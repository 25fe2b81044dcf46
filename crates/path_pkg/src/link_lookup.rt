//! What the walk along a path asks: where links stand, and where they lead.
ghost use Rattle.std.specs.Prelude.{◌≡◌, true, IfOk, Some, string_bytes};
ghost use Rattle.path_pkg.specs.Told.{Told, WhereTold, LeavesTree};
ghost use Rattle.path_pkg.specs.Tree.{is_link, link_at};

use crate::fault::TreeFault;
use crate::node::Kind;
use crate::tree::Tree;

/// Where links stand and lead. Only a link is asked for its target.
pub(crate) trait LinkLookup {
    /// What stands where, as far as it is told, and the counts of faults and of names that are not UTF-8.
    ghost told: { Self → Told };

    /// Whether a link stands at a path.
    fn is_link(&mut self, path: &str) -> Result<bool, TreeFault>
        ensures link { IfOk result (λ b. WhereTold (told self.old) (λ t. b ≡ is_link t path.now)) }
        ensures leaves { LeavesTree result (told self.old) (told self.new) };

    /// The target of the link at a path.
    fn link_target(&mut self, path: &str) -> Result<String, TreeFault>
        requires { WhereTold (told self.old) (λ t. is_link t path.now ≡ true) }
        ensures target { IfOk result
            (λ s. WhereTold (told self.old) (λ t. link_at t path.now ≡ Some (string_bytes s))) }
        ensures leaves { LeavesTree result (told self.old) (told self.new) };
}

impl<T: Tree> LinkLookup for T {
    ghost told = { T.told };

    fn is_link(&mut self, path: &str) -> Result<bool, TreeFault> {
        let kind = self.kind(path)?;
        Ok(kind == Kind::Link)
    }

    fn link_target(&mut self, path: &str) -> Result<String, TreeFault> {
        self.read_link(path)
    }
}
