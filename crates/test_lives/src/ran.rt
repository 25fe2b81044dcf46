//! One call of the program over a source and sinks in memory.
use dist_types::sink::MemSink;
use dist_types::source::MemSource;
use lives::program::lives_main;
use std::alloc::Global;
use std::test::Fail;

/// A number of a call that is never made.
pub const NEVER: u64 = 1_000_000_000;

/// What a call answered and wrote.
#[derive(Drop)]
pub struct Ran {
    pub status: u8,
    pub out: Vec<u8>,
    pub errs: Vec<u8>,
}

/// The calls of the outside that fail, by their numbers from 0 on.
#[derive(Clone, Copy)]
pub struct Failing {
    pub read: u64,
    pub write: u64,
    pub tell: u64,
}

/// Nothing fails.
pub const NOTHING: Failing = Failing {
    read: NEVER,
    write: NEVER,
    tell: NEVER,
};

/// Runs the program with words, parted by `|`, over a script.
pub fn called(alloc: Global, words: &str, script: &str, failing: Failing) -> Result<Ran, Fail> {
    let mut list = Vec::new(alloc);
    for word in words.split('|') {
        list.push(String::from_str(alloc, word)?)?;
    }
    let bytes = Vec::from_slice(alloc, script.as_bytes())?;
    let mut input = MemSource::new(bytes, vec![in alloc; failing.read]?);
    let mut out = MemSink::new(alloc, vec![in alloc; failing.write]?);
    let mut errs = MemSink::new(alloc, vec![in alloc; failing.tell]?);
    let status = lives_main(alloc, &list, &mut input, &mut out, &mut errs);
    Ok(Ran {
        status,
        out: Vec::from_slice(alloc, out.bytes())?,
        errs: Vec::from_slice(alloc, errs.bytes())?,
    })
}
--
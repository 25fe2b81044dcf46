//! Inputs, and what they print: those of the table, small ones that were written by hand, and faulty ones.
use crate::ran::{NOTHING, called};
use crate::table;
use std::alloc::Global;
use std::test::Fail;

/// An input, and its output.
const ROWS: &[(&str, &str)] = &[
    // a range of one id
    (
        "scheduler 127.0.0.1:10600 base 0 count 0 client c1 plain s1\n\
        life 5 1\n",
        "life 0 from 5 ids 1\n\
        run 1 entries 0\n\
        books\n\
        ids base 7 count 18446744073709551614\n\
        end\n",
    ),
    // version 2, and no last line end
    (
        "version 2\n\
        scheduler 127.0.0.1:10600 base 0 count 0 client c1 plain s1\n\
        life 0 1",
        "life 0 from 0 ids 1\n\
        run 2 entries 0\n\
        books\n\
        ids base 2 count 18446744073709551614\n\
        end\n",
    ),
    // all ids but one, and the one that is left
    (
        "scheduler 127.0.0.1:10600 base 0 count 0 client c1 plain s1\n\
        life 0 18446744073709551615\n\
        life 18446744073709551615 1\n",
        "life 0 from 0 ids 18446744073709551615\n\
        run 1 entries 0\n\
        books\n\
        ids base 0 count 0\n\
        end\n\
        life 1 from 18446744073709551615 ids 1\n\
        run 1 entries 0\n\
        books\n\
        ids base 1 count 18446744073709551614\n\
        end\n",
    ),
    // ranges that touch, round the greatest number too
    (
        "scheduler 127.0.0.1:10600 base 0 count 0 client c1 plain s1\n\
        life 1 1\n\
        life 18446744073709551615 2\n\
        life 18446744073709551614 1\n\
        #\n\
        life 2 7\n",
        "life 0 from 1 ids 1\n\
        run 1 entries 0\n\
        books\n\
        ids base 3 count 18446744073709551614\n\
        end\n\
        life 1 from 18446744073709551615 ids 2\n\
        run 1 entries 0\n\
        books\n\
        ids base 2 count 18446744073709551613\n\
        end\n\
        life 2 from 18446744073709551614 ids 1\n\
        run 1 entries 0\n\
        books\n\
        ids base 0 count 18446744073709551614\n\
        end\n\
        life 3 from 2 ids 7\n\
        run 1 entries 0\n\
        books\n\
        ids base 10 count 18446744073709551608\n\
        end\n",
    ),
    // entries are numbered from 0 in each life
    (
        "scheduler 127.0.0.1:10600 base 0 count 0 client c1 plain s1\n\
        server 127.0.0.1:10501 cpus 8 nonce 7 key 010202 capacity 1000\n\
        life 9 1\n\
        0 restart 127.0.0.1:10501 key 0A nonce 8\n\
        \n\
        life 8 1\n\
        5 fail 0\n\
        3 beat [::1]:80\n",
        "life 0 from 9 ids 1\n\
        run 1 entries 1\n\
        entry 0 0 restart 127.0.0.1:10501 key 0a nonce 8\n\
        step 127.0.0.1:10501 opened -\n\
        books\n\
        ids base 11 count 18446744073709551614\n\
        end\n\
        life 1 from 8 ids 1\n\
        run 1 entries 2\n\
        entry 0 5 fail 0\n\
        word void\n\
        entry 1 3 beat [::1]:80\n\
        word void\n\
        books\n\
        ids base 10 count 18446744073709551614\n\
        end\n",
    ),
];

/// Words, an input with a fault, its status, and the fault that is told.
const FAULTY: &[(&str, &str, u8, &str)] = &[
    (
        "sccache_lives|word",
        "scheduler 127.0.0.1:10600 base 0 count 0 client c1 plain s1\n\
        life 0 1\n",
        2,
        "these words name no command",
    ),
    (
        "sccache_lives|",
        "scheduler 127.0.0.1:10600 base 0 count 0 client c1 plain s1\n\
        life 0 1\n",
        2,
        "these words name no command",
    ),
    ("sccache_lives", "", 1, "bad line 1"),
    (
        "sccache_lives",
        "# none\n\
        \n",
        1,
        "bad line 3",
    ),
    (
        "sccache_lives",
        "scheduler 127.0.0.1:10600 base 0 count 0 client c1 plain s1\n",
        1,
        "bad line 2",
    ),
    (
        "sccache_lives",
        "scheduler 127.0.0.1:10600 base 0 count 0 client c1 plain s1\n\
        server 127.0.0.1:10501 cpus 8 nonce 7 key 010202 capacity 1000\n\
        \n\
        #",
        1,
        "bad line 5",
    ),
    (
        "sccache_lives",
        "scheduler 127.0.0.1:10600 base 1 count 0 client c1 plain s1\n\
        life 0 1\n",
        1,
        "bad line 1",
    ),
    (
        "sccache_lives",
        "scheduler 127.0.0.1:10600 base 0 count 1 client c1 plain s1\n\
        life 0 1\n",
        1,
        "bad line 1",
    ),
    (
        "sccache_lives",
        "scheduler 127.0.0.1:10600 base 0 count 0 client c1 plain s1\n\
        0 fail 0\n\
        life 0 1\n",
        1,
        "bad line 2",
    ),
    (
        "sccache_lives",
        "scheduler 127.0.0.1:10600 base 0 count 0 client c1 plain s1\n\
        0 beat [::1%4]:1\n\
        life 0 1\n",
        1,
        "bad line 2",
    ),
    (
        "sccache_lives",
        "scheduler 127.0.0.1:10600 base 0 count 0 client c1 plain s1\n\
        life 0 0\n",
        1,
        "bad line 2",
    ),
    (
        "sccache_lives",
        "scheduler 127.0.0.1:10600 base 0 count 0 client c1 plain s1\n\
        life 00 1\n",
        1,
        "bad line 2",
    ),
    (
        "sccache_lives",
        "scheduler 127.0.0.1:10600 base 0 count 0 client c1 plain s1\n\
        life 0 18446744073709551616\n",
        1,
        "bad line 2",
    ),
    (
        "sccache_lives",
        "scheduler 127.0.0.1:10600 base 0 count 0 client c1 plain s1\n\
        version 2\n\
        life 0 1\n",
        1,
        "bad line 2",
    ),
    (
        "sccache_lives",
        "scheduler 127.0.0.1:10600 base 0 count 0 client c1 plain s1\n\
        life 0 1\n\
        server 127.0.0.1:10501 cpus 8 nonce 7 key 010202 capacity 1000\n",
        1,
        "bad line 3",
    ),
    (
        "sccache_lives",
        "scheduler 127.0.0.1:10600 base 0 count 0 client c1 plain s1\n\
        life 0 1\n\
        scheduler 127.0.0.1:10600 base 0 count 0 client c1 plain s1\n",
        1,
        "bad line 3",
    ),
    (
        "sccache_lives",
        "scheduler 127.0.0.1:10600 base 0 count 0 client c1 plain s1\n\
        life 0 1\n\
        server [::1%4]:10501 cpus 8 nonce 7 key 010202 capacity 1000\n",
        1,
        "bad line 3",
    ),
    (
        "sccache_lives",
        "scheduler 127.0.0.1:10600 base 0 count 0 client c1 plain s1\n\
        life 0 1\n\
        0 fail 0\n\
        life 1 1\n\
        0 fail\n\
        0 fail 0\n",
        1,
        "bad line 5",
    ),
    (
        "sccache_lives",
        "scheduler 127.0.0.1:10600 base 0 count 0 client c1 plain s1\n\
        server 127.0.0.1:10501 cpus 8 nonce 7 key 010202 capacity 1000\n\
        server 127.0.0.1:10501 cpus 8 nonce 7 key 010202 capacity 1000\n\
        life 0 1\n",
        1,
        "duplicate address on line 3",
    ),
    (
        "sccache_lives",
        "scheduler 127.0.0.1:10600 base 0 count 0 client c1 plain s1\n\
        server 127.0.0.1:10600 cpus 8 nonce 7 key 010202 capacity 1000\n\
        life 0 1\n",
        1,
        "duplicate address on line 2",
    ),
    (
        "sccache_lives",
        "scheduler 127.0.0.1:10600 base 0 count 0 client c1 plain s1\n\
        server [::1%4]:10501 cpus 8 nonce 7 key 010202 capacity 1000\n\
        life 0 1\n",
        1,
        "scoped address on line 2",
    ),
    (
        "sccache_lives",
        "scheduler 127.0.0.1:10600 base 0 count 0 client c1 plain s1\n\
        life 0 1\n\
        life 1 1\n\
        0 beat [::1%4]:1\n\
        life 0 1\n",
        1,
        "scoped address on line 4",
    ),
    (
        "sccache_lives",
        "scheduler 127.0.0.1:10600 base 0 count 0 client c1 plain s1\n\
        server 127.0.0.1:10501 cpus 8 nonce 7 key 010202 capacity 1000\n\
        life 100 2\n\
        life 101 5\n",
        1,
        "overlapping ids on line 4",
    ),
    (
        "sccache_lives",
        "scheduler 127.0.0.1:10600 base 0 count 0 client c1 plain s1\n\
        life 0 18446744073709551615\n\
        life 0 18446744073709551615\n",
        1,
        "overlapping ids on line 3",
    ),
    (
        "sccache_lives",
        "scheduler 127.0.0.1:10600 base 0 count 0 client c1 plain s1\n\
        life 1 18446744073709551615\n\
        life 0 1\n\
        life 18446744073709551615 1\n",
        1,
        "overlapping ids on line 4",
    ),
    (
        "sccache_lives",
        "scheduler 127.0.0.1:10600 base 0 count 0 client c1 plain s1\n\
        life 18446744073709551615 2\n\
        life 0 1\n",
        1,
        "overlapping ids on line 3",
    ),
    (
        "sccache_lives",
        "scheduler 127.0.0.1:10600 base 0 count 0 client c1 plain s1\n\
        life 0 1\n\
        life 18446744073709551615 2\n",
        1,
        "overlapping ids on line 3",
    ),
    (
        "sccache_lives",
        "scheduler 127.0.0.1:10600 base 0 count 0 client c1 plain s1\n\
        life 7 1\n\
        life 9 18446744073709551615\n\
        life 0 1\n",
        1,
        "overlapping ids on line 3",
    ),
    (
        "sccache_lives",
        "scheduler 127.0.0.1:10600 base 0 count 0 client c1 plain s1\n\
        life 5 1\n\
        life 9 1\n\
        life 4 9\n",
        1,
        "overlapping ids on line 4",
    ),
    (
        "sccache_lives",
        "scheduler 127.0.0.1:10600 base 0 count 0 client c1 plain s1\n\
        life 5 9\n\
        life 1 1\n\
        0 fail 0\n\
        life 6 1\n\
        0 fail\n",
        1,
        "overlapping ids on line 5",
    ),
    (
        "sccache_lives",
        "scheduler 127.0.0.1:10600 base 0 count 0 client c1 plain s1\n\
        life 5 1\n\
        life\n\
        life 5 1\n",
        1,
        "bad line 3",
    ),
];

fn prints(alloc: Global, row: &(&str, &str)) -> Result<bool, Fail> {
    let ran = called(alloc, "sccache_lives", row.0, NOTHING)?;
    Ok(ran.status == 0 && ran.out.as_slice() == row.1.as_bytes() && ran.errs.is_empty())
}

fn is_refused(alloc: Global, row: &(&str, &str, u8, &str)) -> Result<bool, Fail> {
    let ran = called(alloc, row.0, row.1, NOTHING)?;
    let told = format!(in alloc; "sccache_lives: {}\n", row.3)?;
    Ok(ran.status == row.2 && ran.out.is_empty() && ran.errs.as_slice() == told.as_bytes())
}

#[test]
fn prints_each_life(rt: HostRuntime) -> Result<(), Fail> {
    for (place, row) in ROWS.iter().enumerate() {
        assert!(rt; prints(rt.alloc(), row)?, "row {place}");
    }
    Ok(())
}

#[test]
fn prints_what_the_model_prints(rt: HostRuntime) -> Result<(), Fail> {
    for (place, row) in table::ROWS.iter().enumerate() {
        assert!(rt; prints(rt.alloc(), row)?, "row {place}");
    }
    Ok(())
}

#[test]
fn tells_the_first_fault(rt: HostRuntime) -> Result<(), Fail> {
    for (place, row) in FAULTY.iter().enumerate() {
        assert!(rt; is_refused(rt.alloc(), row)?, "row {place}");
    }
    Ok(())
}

# Task instructions
Copy out every line from the records that has the word "LinkLookup".

# Response box
pub(crate) trait LinkLookup {
impl<T: Tree> LinkLookup for T {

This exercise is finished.